■ Task to complete
The answer must be a single number: how many lines of the entries below include "much".

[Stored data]
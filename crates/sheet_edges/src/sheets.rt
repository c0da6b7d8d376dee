// Good sheets, changed in a local buffer; how a case is answered and shown.
ghost use Rattle.std.specs.Prelude.{◌≡◌, ◌<◌, ◌≤◌, length};

use std::io;

pub(crate) fn judge(rt: &impl Print, label: &str, sheet: &[u8]) -> io::Result<()> {
    match sheet::check_sheet(sheet) {
        Ok(()) => println!(rt; "{label}: 0"),
        Err(refusal) => println!(rt; "{label}: {refusal}"),
    }
}

// The bytes of `from` at the start of the buffer.
fn front(bytes: &mut [u8], from: &[u8])
    requires { length from.now ≤ length bytes.old }
    ensures { length bytes.new ≡ length bytes.old }
{
    bytes[..from.len()].copy_from_slice(from);
}

// Each of these places takes its value. No place past the end is ever given.
pub(crate) fn edit(bytes: &mut [u8], edits: &[(usize, u8)]) {
    for &(at, value) in edits {
        if at < bytes.len() {
            bytes[at] = value;
        }
    }
}

// The first `size` bytes of a sheet of at most 80, with some bytes changed.
fn changed(
    rt: &impl Print,
    label: &str,
    sheet: &[u8],
    edits: &[(usize, u8)],
    size: usize,
) -> io::Result<()>
    requires { (length sheet.now ≤ 80) × (size ≤ 80) }
{
    let mut bytes = [0u8; 80];
    front(&mut bytes, sheet);
    edit(&mut bytes, edits);
    judge(rt, label, &bytes[..size])
}

// Document 01's example, one channel.
fn example(bytes: &mut [u8])
    requires { 23 ≤ length bytes.old }
    ensures { length bytes.new ≡ length bytes.old }
{
    let sheet = b"\x00\x15\x01\x00\x01\x00\x00\x00\x00\x00\x00\x00\
        \x00\x25\x01\x00\x00\x00\x00\x00\x00\x00\x00";
    front(bytes, sheet);
}

// The example with some bytes changed.
pub(crate) fn one_channel(rt: &impl Print, label: &str, edits: &[(usize, u8)]) -> io::Result<()> {
    let mut bytes = [0u8; 23];
    example(&mut bytes);
    edit(&mut bytes, edits);
    judge(rt, label, &bytes)
}

// The example with its length and nseg as given, and 0 after it to `size` bytes.
pub(crate) fn extended(
    rt: &impl Print,
    label: &str,
    high: u8,
    low: u8,
    nseg: u8,
    size: usize,
) -> io::Result<()>
    requires { size ≤ 65549 }
{
    let mut bytes = [0u8; 65549];
    example(&mut bytes);
    bytes[0] = high;
    bytes[1] = low;
    bytes[22] = nseg;
    judge(rt, label, &bytes[..size])
}

// The first `size` bytes of a sheet of two channels and the LFE, with some bytes changed.
// The records are that of channel 0 with one segment, that of channel 1 with eight, the LFE's.
pub(crate) fn part(
    rt: &impl Print,
    label: &str,
    edits: &[(usize, u8)],
    size: usize,
) -> io::Result<()>
    requires { size ≤ 80 }
{
    let sheet = b"\x00\x46\x01\x01\x02\x01\x02\x01\x01\x02\x04\x0f\
        \x00\x25\x01\x00\x00\x02\x00\x03\x00\x00\x01\x1f\x0f\x07\
        \x01\xfd\x03\x00\x02\x01\x00\x00\x0f\x07\x08\
        \x00\x00\x00\x1f\x0f\x07\x01\x02\x03\x04\x05\x06\x07\x08\x07\x0a\x0b\x04\x0d\x0e\x05\x10\x01\x00\
        \x02\x07\x01\x00\x00\x01\x00\x00\x09\x04\x00";
    changed(rt, label, sheet, edits, size)
}

// That whole sheet with some bytes changed.
pub(crate) fn edited(rt: &impl Print, label: &str, edits: &[(usize, u8)]) -> io::Result<()> {
    part(rt, label, edits, 72)
}

// That sheet with a value at the place that has this name, or each of some values.
fn valued(rt: &impl Print, name: &str, at: usize, value: u8) -> io::Result<()> {
    print!(rt; "{name} {value}")?;
    edited(rt, "", &[(at, value)])
}

pub(crate) fn each(rt: &impl Print, name: &str, at: usize, values: &[u8]) -> io::Result<()> {
    for value in values {
        valued(rt, name, at, *value)?;
    }
    Ok(())
}

// Five full-bandwidth channels and the LFE, with some bytes changed.
pub(crate) fn six_channels(rt: &impl Print, label: &str, edits: &[(usize, u8)]) -> io::Result<()> {
    let sheet = b"\x00\x4c\x01\x02\x05\x01\x03\x03\x03\x03\x07\x3f\
        \x00\xfa\x03\x00\x00\x00\x00\x00\x00\x00\x00\
        \x01\x85\x01\x00\x00\x03\x00\x00\x00\x00\x00\
        \x02\x49\x03\x03\x03\x03\x03\x03\x00\x00\x00\
        \x03\x2b\x02\x02\x02\x02\x02\x02\x00\x00\x00\
        \x04\x28\x01\x01\x01\x01\x01\x01\x00\x00\x00\
        \x05\x07\x01\x01\x01\x01\x01\x01\x0f\x07\x00";
    changed(rt, label, sheet, edits, 78)
}
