//! A corporation that must own a train and can't pay it.
ghost use Rattle.std.specs.Prelude.{◌≡◌, true};
ghost use Rattle.rr_rules.specs.Forced.Small.{IsSmall};

use crate::fixtures::{
    A, B, desk, float, follow, fund, give, give_trains, kit, mark, number_of, operate, position,
    settle, station, succeed,
};
use rr_books::{
    Act, Cert, Corp, Entry, Kind, Marker, Money, Party, Place, Seat, ShareNumber, TrainSource,
};
use rr_desk::{Desk, Position};
use rr_kit::Kit;
use rr_operate::owes_train;
use rr_rules::forced::laws::{
    one_share_suffices, worked_bankruptcy, worked_force, worked_presidency, worked_raise,
};
use rr_rules::forced::{Need, TrainOnSale, judge, needed_train, play};
use std::alloc::Global;
use std::process::Abort;

const BOARD: &str = "hex A 0,0 grey c20/1:5
hex B 1,0 yellow 2-5
hex C 2,0 grey t10:2
home PRR A 1
";

const TILES: &[u8] = b"yellow 7 x4 0-1
";

const PRR: Corp = Corp::Prr;

const NYC: Corp = Corp::Nyc;

/// A command.
#[derive(Clone, Copy)]
enum Order {
    Force(Corp),
    Raise(Seat, Corp, u64),
    Bankrupt(Seat),
}

use Order::{Bankrupt, Force, Raise};

// The calls below have no contracts, so that what a test does costs its proof little.

fn command(order: Order) -> Act {
    match order {
        Force(corp) => Act::Force { corp },
        Raise(seat, corp, count) => Act::Raise { seat, corp, count },
        Bankrupt(seat) => Act::Bankrupt { seat },
    }
}

/// Whether the seat and the number are small, as those of each of these commands are.
fn is_small(act: &Act) -> bool
    ensures { result ≡ true → IsSmall act.now }
{
    match act {
        Act::Raise { seat, count, .. } => seat.0 < 6 && *count <= 10,
        _ => true,
    }
}

fn need_kit(rt: &impl Abort, alloc: Global) -> Kit {
    kit(rt, alloc, b"100p\n90\n", TILES, BOARD)
}

/// A 10% certificate of the corporation goes to a place.
fn share(rt: &impl Abort, table: &mut Position, corp: Corp, number: ShareNumber, to: Place) {
    give(rt, table, Cert::Share(corp, number), to);
}

/// A seat that opens with 1,200 dollars at a table of two has so much.
fn leave(rt: &impl Abort, table: &mut Position, amount: u16) {
    let spent = Entry::Pay {
        from: Party::Seat(A),
        to: Party::Bank,
        amount: Money(1200),
    };
    follow(rt, table, spent);
    fund(rt, table, Party::Seat(A), amount);
}

fn hold(rt: &impl Abort, table: &mut Position, corp: Corp) {
    follow(rt, table, Entry::Step(Marker::Act(Act::Hold { corp })));
}

/// PRR has 50 dollars, its token in A, no train and may buy one; the first seat is its president.
fn in_need(rt: &impl Abort, alloc: Global, amount: u16) -> Position {
    let mut table = position(rt, alloc, 2);
    fund(rt, &mut table, Party::Corp(PRR), 50);
    leave(rt, &mut table, amount);
    give(rt, &mut table, Cert::President(PRR), Place::Seat(A));
    station(rt, &mut table, PRR, b"A");
    float(rt, &mut table, PRR);
    operate(rt, &mut table);
    hold(rt, &mut table, PRR);
    table
}

/// The number of the fault of the command, or 0.
fn fault(alloc: Global, kit: &Kit, table: &Position, order: Order) -> u8 {
    number_of(judge(alloc, kit, table, &command(order)))
}

fn add(rt: &impl Abort, kit: &Kit, desk: &mut Desk, act: &Act) {
    assert!(rt; is_small(act));
    succeed(rt, play(kit.roster(), kit.chart(), desk, act));
}

/// How many entries a command adds. The table is as it is behind it.
fn added(rt: &impl Abort, alloc: Global, kit: &Kit, table: &mut Position, order: Order) -> usize {
    let mut desk = desk(rt, alloc, table);
    add(rt, kit, &mut desk, &command(order));
    settle(desk, table)
}

/// The train that the corporation due must buy, if one must.
fn need(rt: &impl Abort, alloc: Global, kit: &Kit, table: &Position) -> Option<Need> {
    needed_train(alloc, kit, table).expect(rt, "memory")
}

fn owes(rt: &impl Abort, alloc: Global, kit: &Kit, table: &Position, corp: Corp) -> bool {
    owes_train(alloc, kit, table, corp).expect(rt, "memory")
}

const TWO: TrainOnSale = TrainOnSale {
    kind: Kind::Two,
    source: TrainSource::Bank,
};

/// The price of the 2-train that the corporation due must buy, what it lacks, and what it and its president lack.
fn amounts(rt: &impl Abort, alloc: Global, kit: &Kit, table: &Position) -> Option<[u64; 3]> {
    let need = need(rt, alloc, kit, table)?;
    assert!(rt; need.train == TWO && owes(rt, alloc, kit, table, need.corp));
    Some([need.price, need.lack, need.shortfall])
}

/// How much of the NYC is in the pool, and its price.
fn told_of_nyc(kit: &Kit, table: &Position) -> (u8, Option<u16>) {
    let share = table.books().share(Place::Pool, NYC);
    (share, table.market().price(kit.chart(), NYC))
}

/// What holds of a table, and what comes of a command.
#[derive(Clone, Copy)]
enum Step {
    /// A 2-train must be bought: its price, what the corporation due lacks, and what it and its president lack; or none.
    Needs(Option<[u64; 3]>),
    /// The command has the fault of this number, or none where it is 0.
    Gets(Order, u8),
    /// The command adds so many entries, and the next step is behind it.
    Adds(Order, usize),
    /// The party has so much.
    Has(Party, i64),
    /// So much of the NYC is in the pool, and this is its price.
    Shows(u8, Option<u16>),
    /// A 10% certificate of the corporation goes to a place.
    Gives(Corp, ShareNumber, Place),
    /// Whether a president is bankrupt.
    IsBankrupt(bool),
}

use Step::{Adds, Gets, Gives, Has, IsBankrupt, Needs, Shows};

fn is_right(rt: &impl Abort, alloc: Global, kit: &Kit, table: &mut Position, step: Step) -> bool {
    match step {
        Needs(wanted) => amounts(rt, alloc, kit, table) == wanted,
        Gets(order, number) => fault(alloc, kit, table, order) == number,
        Adds(order, count) => added(rt, alloc, kit, table, order) == count,
        Has(party, amount) => table.books().balance(party).0 == amount,
        Shows(share, price) => told_of_nyc(kit, table) == (share, price),
        Gives(corp, number, to) => {
            share(rt, table, corp, number, to);
            true
        }
        IsBankrupt(wanted) => table.operations().is_bankrupt() == wanted,
    }
}

/// Whether the steps go as they say, one behind the other.
fn goes_so(rt: &impl Abort, alloc: Global, table: &mut Position, steps: &[Step]) -> bool {
    let kit = need_kit(rt, alloc);
    let mut right = true;
    for step in steps {
        right = right && is_right(rt, alloc, &kit, table, *step);
    }
    right
}

static FORCED: [Step; 8] = [
    Needs(Some([80, 30, 0])),
    Gets(Force(PRR), 0),
    Gets(Force(NYC), 42),
    // Words, the president's payment, the train, and its price.
    Adds(Force(PRR), 4),
    Has(Party::Corp(PRR), 0),
    Has(Party::Seat(A), 10),
    Gets(Force(PRR), 42),
    Needs(None),
];

#[test]
fn the_president_adds_what_is_lacking(rt: HostRuntime) {
    let alloc = rt.alloc();
    let mut table = in_need(&rt, alloc, 40);
    assert!(rt; goes_so(&rt, alloc, &mut table, &FORCED));
}

static LACKING_FIVE: [Step; 2] = [Needs(Some([80, 30, 5])), Gets(Force(PRR), 2)];

static LACKING_NOTHING: [Step; 1] = [Gets(Force(PRR), 42)];

#[test]
fn a_president_with_too_little_is_refused(rt: HostRuntime) {
    let alloc = rt.alloc();
    let mut table = in_need(&rt, alloc, 25);
    assert!(rt; goes_so(&rt, alloc, &mut table, &LACKING_FIVE));
    fund(&rt, &mut table, Party::Corp(PRR), 30);
    assert!(rt; goes_so(&rt, alloc, &mut table, &LACKING_NOTHING));
}

/// PRR's president has 25 dollars and a share of the NYC, which stands at 100.
fn with_a_share(rt: &impl Abort, alloc: Global) -> Position {
    let mut table = in_need(rt, alloc, 25);
    mark(rt, &mut table, NYC, 0, 0);
    share(rt, &mut table, NYC, ShareNumber::One, Place::Seat(A));
    table
}

/// Before the sale, B isn't the president; A has one share of the NYC, and nobody else has 20% of the PRR; and A isn't
/// bankrupt.
static A_SALE: [Step; 13] = [
    Gets(Raise(B, NYC, 1), 20),
    Gets(Raise(A, NYC, 2), 22),
    Gets(Raise(A, NYC, 0), 22),
    Gets(Raise(A, PRR, 1), 22),
    Gets(Bankrupt(A), 50),
    Gets(Bankrupt(B), 20),
    Gets(Raise(A, NYC, 1), 0),
    // Words, the share, the payment, and the mark.
    Adds(Raise(A, NYC, 1), 4),
    Has(Party::Seat(A), 125),
    Shows(10, Some(90)),
    // 125 and 50 suffice for 80.
    Gets(Raise(A, PRR, 1), 48),
    Gets(Bankrupt(A), 50),
    Gets(Force(PRR), 0),
];

#[test]
fn a_president_sells_shares_for_a_train(rt: HostRuntime) {
    let alloc = rt.alloc();
    let mut table = with_a_share(&rt, alloc);
    assert!(rt; goes_so(&rt, alloc, &mut table, &A_SALE));
}

static FULL_POOL: [Step; 8] = [
    Gives(NYC, ShareNumber::Two, Place::Pool),
    Gives(NYC, ShareNumber::Three, Place::Pool),
    Gives(NYC, ShareNumber::Four, Place::Pool),
    Gives(NYC, ShareNumber::Five, Place::Pool),
    Gets(Raise(A, NYC, 1), 0),
    Gives(NYC, ShareNumber::Six, Place::Pool),
    Gets(Raise(A, NYC, 1), 28),
    Gets(Bankrupt(A), 0),
];

#[test]
fn a_full_pool_takes_no_forced_sale(rt: HostRuntime) {
    let alloc = rt.alloc();
    let mut table = with_a_share(&rt, alloc);
    assert!(rt; goes_so(&rt, alloc, &mut table, &FULL_POOL));
}

static RIVAL: [Step; 7] = [
    Gives(PRR, ShareNumber::One, Place::Seat(A)),
    Gives(PRR, ShareNumber::Two, Place::Seat(B)),
    Gives(PRR, ShareNumber::Three, Place::Seat(B)),
    Gets(Raise(A, PRR, 1), 0),
    Gives(PRR, ShareNumber::Four, Place::Seat(B)),
    // A would have 20%, and B has 30%.
    Gets(Raise(A, PRR, 1), 49),
    Gets(Bankrupt(A), 0),
];

#[test]
fn the_corporation_due_keeps_its_president(rt: HostRuntime) {
    let alloc = rt.alloc();
    let mut table = in_need(&rt, alloc, 25);
    assert!(rt; goes_so(&rt, alloc, &mut table, &RIVAL));
}

static BANKRUPTCY: [Step; 5] = [
    IsBankrupt(false),
    Gets(Bankrupt(A), 0),
    Adds(Bankrupt(A), 1),
    IsBankrupt(true),
    Has(Party::Seat(A), 25),
];

#[test]
fn a_president_is_bankrupt(rt: HostRuntime) {
    let alloc = rt.alloc();
    let mut table = in_need(&rt, alloc, 25);
    assert!(rt; goes_so(&rt, alloc, &mut table, &BANKRUPTCY));
}

static AT_THE_TILE: [Step; 2] = [Gets(Raise(A, NYC, 1), 42), Gets(Bankrupt(A), 42)];

static OVER_THE_LIMIT: [Step; 2] = [Gets(Raise(A, NYC, 1), 46), Gets(Bankrupt(A), 46)];

#[test]
fn steps_and_limits_come_before_a_forced_sale(rt: HostRuntime) {
    let alloc = rt.alloc();
    let mut table = with_a_share(&rt, alloc);
    operate(&rt, &mut table);
    assert!(rt; goes_so(&rt, alloc, &mut table, &AT_THE_TILE));
    give_trains(&rt, &mut table, Kind::Two, 5, Place::Corp(NYC));
    // Five trains are over the limit of four.
    assert!(rt; goes_so(&rt, alloc, &mut table, &OVER_THE_LIMIT));
}

#[test]
fn laws_are_called(_rt: HostRuntime) {
    worked_force();
    worked_raise();
    worked_presidency();
    worked_bankruptcy();
    one_share_suffices();
}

■ Task answer
4